**EXERCISE**
What you produce should be every line from the data that includes "above".

**MATERIAL PROVIDED**

// A route as the code holds it: its belts, in a fixed array with room for the longest route.
ghost use Rattle.std.specs.Prelude.{◌≤◌};
ghost use Rattle.plan.specs.Bounds.{max_steps};

use plan::bounds::MAX_STEPS;
use plan::read::BeltId;

// A route: its belts in order are the first `count` of the array.
#[derive(Clone, Copy)]
pub struct Route {
    pub count: usize,
    pub belts: [BeltId; MAX_STEPS],
    pub ghost few: { count ≤ max_steps },
}

impl Route {
    ghost use Rattle.std.specs.Prelude.{◌≡◌, [], take};
    ghost use Rattle.route.specs.Values.{packed};

    // The route without belts.
    pub fn empty() -> Route
        ensures { result ≡ packed [] }
    {
        Route {
            count: 0,
            belts: [BeltId(0); MAX_STEPS],
        }
    }

    // Its belts in order.
    pub fn belts(&self) -> &[BeltId]
        ensures { result.now ≡ take self.now.count self.now.belts }
    {
        &self.belts[..self.count]
    }
}
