// Routes of an accepted plan: which are permitted, and the sheets that record them.
//
//   belts   a route as the code holds it
//   path    what is asked of a route, and its belts: whether they connect, what they cost, and which of two routes comes before the other
//   rules   whether every rule is met by a route under a setting of the modes
//   modes   the lowest setting that agrees with the lock and meets every rule
//   masks   sets of named belts
//   clauses the chains of rules and literals as numbers, decoded once
//   ways    the backward pass over words: from each junction the cost of the way on, and its first belt
//   relax   the relaxed route of a subproblem
//   sheet   route sheets, written and read
//   check   the check of a sheet: lines 1 to 8, 15 and 11 to 14 of the refusal table
#![tactic(auto)]

pub mod belts;
pub mod check;
pub mod clauses;
pub mod masks;
pub mod modes;
pub mod path;
pub mod relax;
mod rules;
pub mod sheet;
mod ways;
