// The lowest setting of the modes that works: it agrees with the lock, and meets every rule. In a setting mode m counts 2^(m-1).
ghost use Rattle.std.specs.Prelude.{◌≡◌, false, List, ℕ, ◌+◌, ◌*◌, ◌^◌, ◌≤◌};
ghost use Rattle.plan.specs.Bounds.{max_modes};
ghost use Rattle.plan.specs.Plan.{Plan, plan_of};
ghost use Rattle.route.specs.Permission.{agrees, wrong_lock, locked_terms, terms_of, works, find, lowest};
ghost use Rattle.route.specs.Values.{setting_in, has_belt, Ruled};
ghost use Rattle.route.specs.Inner.{Settled, settings_at};

use crate::path::{Lock, Trip};
use crate::rules;
use plan::read::ModeId;

// Whether a setting agrees with a lock: it differs from the values in no locked mode. This is so for every plan of which the lock is not wrong.
pub fn agrees(lock: Lock, setting: u16) -> bool
    requires { (p : Plan)
        × (wrong_lock p lock ≡ false) }
    ensures { (p : Plan)
        → wrong_lock p lock ≡ false
        → result ≡ agrees p.modes lock setting }
{
    (u64::from(setting) ^ lock.values) & lock.mask == 0
}

// The lowest setting that works and has the modes above this one as `setting` has them: this mode and the lower ones are settled, the highest first.
// `setting` has those of them that are locked as the lock says, and the others off. ModeId(0) says that every mode is set. `belts` is the mask of the
// named belts on the route, and `locked` that of the lock, which may be any lock with this mask.
#[cycle(settle_try_both)]
fn settle(clauses: &[u32], belts: u64, locked: u64, mode: ModeId, setting: u16) -> Option<u16>
    requires { (b : List ℕ)
        × (k : Lock)
        × Ruled b clauses.now
        × (k.mask ≡ locked)
        × Settled (plan_of b) k mode.0 setting
        × (mode.0 ≤ max_modes)
        × (setting + 2 ^ mode.0 ≤ 2 * 2 ^ max_modes) }
    ensures { (b : List ℕ)
        → (k : Lock)
        → Ruled b clauses.now
        → k.mask ≡ locked
        → Settled (plan_of b) k mode.0 setting
        → setting_in result ≡ find (works (locked_terms (plan_of b) k) (has_belt b belts)) (settings_at mode.0 setting) }
{
    if mode.0 == 0 {
        rules::all_met(clauses, belts, setting).then_some(setting)
    } else {
        try_both(clauses, belts, locked, mode, setting)
    }
}

// The same, where a mode is left: off is tried before on. A locked mode has one position, which `setting` has, and the other is not tried.
#[cycle(settle_try_both)]
fn try_both(clauses: &[u32], belts: u64, locked: u64, mode: ModeId, setting: u16) -> Option<u16>
    requires { (b : List ℕ)
        × (k : Lock)
        × Ruled b clauses.now
        × (k.mask ≡ locked)
        × Settled (plan_of b) k mode.0 setting
        × (1 ≤ mode.0)
        × (mode.0 ≤ max_modes)
        × (setting + 2 ^ mode.0 ≤ 2 * 2 ^ max_modes) }
    ensures { (b : List ℕ)
        → (k : Lock)
        → Ruled b clauses.now
        → k.mask ≡ locked
        → Settled (plan_of b) k mode.0 setting
        → setting_in result ≡ find (works (locked_terms (plan_of b) k) (has_belt b belts)) (settings_at mode.0 setting) }
{
    let lower = mode.0 - 1;
    let off = settle(clauses, belts, locked, ModeId(lower), setting);
    if off.is_some() || rules::is_on(locked, mode) {
        return off;
    }
    let with_mode = setting + (1u16 << lower);
    settle(clauses, belts, locked, ModeId(lower), with_mode)
}

// The lowest setting that works for a trip, if any does, where the named belts of the mask `belts` are on the route (masks::on_route): the rule test of a route.
// `modes` is how many modes the plan has (AcceptedPlan::modes), and `clauses` are its clauses (clauses::decode).
pub fn lowest_setting(modes: usize, clauses: &[u32], trip: Trip, belts: u64) -> Option<u16>
    requires { (b : List ℕ)
        × Ruled b clauses.now
        × (modes ≡ (plan_of b).modes)
        × (wrong_lock (plan_of b) trip.lock ≡ false) }
    ensures { (b : List ℕ)
        → Ruled b clauses.now
        → modes ≡ (plan_of b).modes
        → wrong_lock (plan_of b) trip.lock ≡ false
        → setting_in result ≡ lowest (terms_of (plan_of b) trip) (has_belt b belts) }
{
    let Lock { mask, values } = trip.lock;
    settle(clauses, belts, mask, ModeId(modes as u16), values as u16)
}
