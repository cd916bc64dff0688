// Sets of named belts as masks: bit k stands for the belt at place k among the named belts (plan::named).
ghost use Rattle.std.specs.Prelude.{◌≡◌};
ghost use Rattle.route.specs.Values.{ids_of, in_mask, LowPlace, with_place, gathered_in, Placeable};

use crate::path::Route;
use plan::bounds::MAX_RECORDS;
use plan::named;

// Whether a mask has a place.
pub fn has(mask: u64, place: Option<usize>) -> bool
    requires { LowPlace place }
    ensures { result ≡ in_mask mask place }
{
    place.is_some_and(|k| (mask >> k) % 2 == 1)
}

// The mask with this place in it.
pub fn with(mask: u64, place: Option<usize>) -> u64
    requires { LowPlace place }
    ensures { result ≡ with_place mask place }
{
    place.map_or(mask, |k| mask | (1 << k))
}

// The named belts on a route. `places` are those of the named belts (AcceptedPlan::named_places).
pub fn on_route(places: &[u8; MAX_RECORDS], route: Route) -> u64
    requires { Placeable places.now route }
    ensures { result ≡ gathered_in places.now 0 (ids_of route) }
{
    let mut mask = 0;
    for &belt in &route.belts[..route.count] {
        mask = with(mask, named::place_of(places, belt));
    }
    mask
}
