// Routes: what is asked of one, and its belts: whether they are the plan's, whether they connect, what they cost,
// and which of two that cost as much comes before the other.
ghost use Rattle.std.specs.Prelude.{◌≡◌, ℕ, ◌≤◌, ◌<◌, not, length};
ghost use Rattle.plan.specs.Bounds.{max_steps};
ghost use Rattle.plan.specs.Lists.{all, mem, within};
ghost use Rattle.plan.specs.Plan.{plan_of, indices_of};
ghost use Rattle.route.specs.Routes.{wrong_ends, connects, cost, cost_limit};
ghost use Rattle.route.specs.Permission.{no_lock, wrong_lock};
ghost use Rattle.route.specs.Values.{ids_of, Known, route_in, first_belts, lower_ids};

pub use crate::belts::Route;
use plan::accepted::AcceptedPlan;
use plan::bounds::{FIELD_LIMIT, MAX_STEPS};
use plan::read::BeltId;

// Every route costs less. A sheet holds a cost in three fields.
pub const COST_LIMIT: u64 = (FIELD_LIMIT * FIELD_LIMIT * FIELD_LIMIT) as u64;

// The modes that the depot sets. Bit m-1 is for mode m: in `mask` it says that the mode is locked, in `values` that it is locked on.
#[derive(Clone, Copy)]
pub struct Lock {
    pub mask: u64,
    pub values: u64,
}

// The lock that locks no mode.
pub fn no_lock() -> Lock
    ensures { result ≡ no_lock }
{
    Lock { mask: 0, values: 0 }
}

// What a route is asked or checked for: it leads from junction s to junction t, and is permitted under the lock.
#[derive(Clone, Copy)]
pub struct Trip {
    pub s: u64,
    pub t: u64,
    pub lock: Lock,
}

// The route of the first `count` belts of an array of their numbers.
pub fn of_belts(numbers: &[u16; MAX_STEPS], count: usize) -> Route
    requires { (count ≤ max_steps)
        × (length numbers.now ≡ max_steps) }
    ensures { result ≡ first_belts count numbers.now }
{
    let mut belts = [BeltId(0); MAX_STEPS];
    for k in 0..count {
        belts[k] = BeltId(numbers[k]);
    }
    Route { count, belts }
}

// Whether a number is no junction of the plan.
fn outside(plan: AcceptedPlan, j: u64) -> bool
    ensures { result ≡ not (within 1 j (plan_of plan.entry.bytes.now).junctions) }
{
    !(1..=plan.junctions() as u64).contains(&j)
}

// Line 8 of the refusal table: whether s or t is no junction of the plan.
pub fn wrong_ends(plan: AcceptedPlan, trip: Trip) -> bool
    ensures { result ≡ wrong_ends (plan_of plan.entry.bytes.now) trip.s trip.t }
{
    outside(plan, trip.s) || outside(plan, trip.t)
}

// Line 15 of the refusal table: whether the mask has a bit at or above the number of modes, or the values have one outside the mask.
pub fn wrong_lock(plan: AcceptedPlan, lock: Lock) -> bool
    ensures { result ≡ wrong_lock (plan_of plan.entry.bytes.now) lock }
{
    (1u64 << plan.modes()) <= lock.mask || lock.values & lock.mask != lock.values
}

// Whether every belt of the route is a belt of the plan.
pub fn are_belts(plan: AcceptedPlan, route: Route) -> bool
    ensures { result ≡ all (λ (e : ℕ). mem e (indices_of (plan_of plan.entry.bytes.now).belts)) (ids_of route) }
{
    route.belts().iter().all(|belt| plan.is_belt(*belt))
}

// Whether the belts lead from s to t, each leaving where the last arrived.
pub fn connects(plan: AcceptedPlan, route: Route, s: usize, t: usize) -> bool
    requires { Known plan.bytes.now route
        × (1 ≤ s)
        × (s ≤ (plan_of plan.bytes.now).junctions) }
    ensures { result ≡ connects s t (route_in plan.entry.bytes.now route) }
{
    let mut at = s;
    for belt in route.belts() {
        if !plan.leaves(*belt, at) {
            return false;
        }
        at = plan.leads_to(*belt);
    }
    at == t
}

// The cost of the route, the sum of its belts' costs.
pub fn cost(plan: AcceptedPlan, route: Route) -> u64
    requires { Known plan.bytes.now route }
    ensures { (result ≡ cost (route_in plan.entry.bytes.now route))
        × (result < cost_limit) }
{
    let mut sum = 0;
    for belt in route.belts() {
        sum += plan.cost(*belt);
    }
    sum
}

// The order of routes that cost as much, by belt index: whether at the first difference route a has the lower belt. A proper prefix is lower.
pub fn lower(a: Route, b: Route) -> bool
    ensures { result ≡ lower_ids (ids_of a) (ids_of b) }
{
    a.belts() < b.belts()
}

**ANSWER BOX**
// The lowest setting that works and has the modes above this one as `setting` has them: this mode and the lower ones are settled, the highest first.
// Line 15 of the refusal table: whether the mask has a bit at or above the number of modes, or the values have one outside the mask.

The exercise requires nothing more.